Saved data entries
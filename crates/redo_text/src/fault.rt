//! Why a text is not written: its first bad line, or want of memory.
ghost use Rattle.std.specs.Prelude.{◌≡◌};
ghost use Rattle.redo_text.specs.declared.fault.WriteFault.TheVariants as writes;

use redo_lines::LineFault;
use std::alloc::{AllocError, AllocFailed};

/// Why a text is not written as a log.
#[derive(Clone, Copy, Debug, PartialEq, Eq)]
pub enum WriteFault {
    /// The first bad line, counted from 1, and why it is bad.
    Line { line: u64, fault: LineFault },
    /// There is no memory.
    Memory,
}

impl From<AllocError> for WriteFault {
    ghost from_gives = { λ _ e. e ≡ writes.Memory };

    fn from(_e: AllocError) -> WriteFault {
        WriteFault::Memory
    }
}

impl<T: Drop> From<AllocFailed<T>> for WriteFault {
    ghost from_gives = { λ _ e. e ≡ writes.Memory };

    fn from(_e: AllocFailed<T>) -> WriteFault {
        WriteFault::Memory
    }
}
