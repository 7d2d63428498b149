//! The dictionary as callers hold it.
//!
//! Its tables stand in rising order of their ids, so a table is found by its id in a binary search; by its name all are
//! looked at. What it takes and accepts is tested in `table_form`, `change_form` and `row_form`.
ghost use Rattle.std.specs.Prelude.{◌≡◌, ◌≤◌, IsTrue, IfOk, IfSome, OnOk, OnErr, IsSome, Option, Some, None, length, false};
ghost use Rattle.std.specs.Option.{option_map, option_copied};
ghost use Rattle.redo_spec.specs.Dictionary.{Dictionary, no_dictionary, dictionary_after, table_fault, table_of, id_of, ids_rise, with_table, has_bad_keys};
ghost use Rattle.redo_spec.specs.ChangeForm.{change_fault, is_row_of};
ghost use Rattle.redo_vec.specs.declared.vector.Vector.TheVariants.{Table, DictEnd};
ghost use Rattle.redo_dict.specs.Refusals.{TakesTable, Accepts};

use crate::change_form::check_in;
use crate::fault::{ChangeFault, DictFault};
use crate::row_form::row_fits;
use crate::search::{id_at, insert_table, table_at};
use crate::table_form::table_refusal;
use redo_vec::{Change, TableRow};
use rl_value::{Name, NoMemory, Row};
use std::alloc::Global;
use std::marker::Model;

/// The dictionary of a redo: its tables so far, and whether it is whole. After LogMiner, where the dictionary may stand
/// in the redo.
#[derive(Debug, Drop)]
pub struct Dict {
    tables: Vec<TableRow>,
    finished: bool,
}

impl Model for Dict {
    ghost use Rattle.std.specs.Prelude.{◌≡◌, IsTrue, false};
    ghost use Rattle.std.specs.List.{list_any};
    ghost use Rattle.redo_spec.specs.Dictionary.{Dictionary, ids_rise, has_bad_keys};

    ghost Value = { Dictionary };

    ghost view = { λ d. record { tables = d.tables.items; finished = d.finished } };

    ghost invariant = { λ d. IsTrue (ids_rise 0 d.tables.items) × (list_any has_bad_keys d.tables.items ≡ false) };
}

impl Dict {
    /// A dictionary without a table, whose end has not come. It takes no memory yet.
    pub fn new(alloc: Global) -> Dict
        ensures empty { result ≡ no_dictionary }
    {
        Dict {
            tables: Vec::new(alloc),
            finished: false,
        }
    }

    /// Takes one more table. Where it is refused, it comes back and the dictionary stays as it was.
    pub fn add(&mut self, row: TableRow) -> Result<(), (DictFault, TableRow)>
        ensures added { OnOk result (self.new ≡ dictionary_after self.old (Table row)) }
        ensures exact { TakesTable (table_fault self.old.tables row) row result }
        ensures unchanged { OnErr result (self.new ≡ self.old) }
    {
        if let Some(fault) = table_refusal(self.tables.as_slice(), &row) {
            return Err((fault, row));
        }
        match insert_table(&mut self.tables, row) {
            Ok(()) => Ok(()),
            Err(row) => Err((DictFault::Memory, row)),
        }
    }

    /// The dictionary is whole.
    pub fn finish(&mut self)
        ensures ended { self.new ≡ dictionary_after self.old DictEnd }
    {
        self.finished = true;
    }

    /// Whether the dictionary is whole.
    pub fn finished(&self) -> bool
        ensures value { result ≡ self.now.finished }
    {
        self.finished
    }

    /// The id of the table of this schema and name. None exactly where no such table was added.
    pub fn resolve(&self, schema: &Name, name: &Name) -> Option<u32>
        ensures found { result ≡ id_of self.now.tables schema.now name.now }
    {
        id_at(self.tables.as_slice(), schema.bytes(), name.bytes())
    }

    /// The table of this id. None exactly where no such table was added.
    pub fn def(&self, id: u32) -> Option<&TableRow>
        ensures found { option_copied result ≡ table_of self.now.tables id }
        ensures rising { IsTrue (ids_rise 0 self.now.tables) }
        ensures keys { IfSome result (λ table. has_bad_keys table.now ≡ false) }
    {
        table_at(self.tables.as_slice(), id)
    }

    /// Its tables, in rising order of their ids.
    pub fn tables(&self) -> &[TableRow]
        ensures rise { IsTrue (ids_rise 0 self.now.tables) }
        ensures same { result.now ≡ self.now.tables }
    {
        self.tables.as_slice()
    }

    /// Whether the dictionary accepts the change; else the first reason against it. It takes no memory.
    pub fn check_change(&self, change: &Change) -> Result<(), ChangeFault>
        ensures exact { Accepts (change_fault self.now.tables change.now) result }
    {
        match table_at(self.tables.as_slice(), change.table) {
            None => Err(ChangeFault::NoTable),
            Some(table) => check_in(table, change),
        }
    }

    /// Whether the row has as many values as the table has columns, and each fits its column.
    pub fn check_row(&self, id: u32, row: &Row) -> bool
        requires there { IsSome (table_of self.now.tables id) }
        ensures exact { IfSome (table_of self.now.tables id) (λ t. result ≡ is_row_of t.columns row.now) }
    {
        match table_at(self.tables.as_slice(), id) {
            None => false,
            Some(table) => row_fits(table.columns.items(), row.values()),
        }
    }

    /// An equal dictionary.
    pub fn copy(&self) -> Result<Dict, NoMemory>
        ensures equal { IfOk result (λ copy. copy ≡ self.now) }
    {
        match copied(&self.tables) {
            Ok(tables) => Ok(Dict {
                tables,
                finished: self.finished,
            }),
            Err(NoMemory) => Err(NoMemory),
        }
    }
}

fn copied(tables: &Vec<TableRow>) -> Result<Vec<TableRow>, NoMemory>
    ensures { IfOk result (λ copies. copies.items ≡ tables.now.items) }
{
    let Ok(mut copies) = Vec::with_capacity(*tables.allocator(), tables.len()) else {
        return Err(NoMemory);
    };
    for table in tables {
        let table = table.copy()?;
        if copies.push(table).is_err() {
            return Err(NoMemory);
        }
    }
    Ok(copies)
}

---

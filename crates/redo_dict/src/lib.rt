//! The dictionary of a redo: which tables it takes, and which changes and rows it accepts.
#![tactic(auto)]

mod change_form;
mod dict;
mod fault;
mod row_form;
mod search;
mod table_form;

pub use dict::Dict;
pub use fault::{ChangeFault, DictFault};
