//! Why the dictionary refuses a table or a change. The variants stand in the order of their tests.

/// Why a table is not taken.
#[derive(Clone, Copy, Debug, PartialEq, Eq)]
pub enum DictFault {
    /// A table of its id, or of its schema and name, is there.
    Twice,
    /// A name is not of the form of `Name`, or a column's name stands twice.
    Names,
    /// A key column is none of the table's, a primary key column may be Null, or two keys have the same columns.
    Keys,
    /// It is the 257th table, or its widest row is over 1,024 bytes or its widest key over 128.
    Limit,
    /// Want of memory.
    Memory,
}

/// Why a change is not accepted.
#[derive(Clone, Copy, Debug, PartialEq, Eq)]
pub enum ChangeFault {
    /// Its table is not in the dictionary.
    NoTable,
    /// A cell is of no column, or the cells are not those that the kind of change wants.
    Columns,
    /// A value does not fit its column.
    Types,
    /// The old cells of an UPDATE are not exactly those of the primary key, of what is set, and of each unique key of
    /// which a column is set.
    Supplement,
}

YOUR GOAL – Identify each line in the records above containing the word "IfOk"; copy those lines.

TASK RESPONSE –
ghost use Rattle.std.specs.Prelude.{◌≡◌, ◌≤◌, IsTrue, IfOk, IfSome, OnOk, OnErr, IsSome, Option, Some, None, length, false};
        ensures equal { IfOk result (λ copy. copy ≡ self.now) }
    ensures { IfOk result (λ copies. copies.items ≡ tables.now.items) }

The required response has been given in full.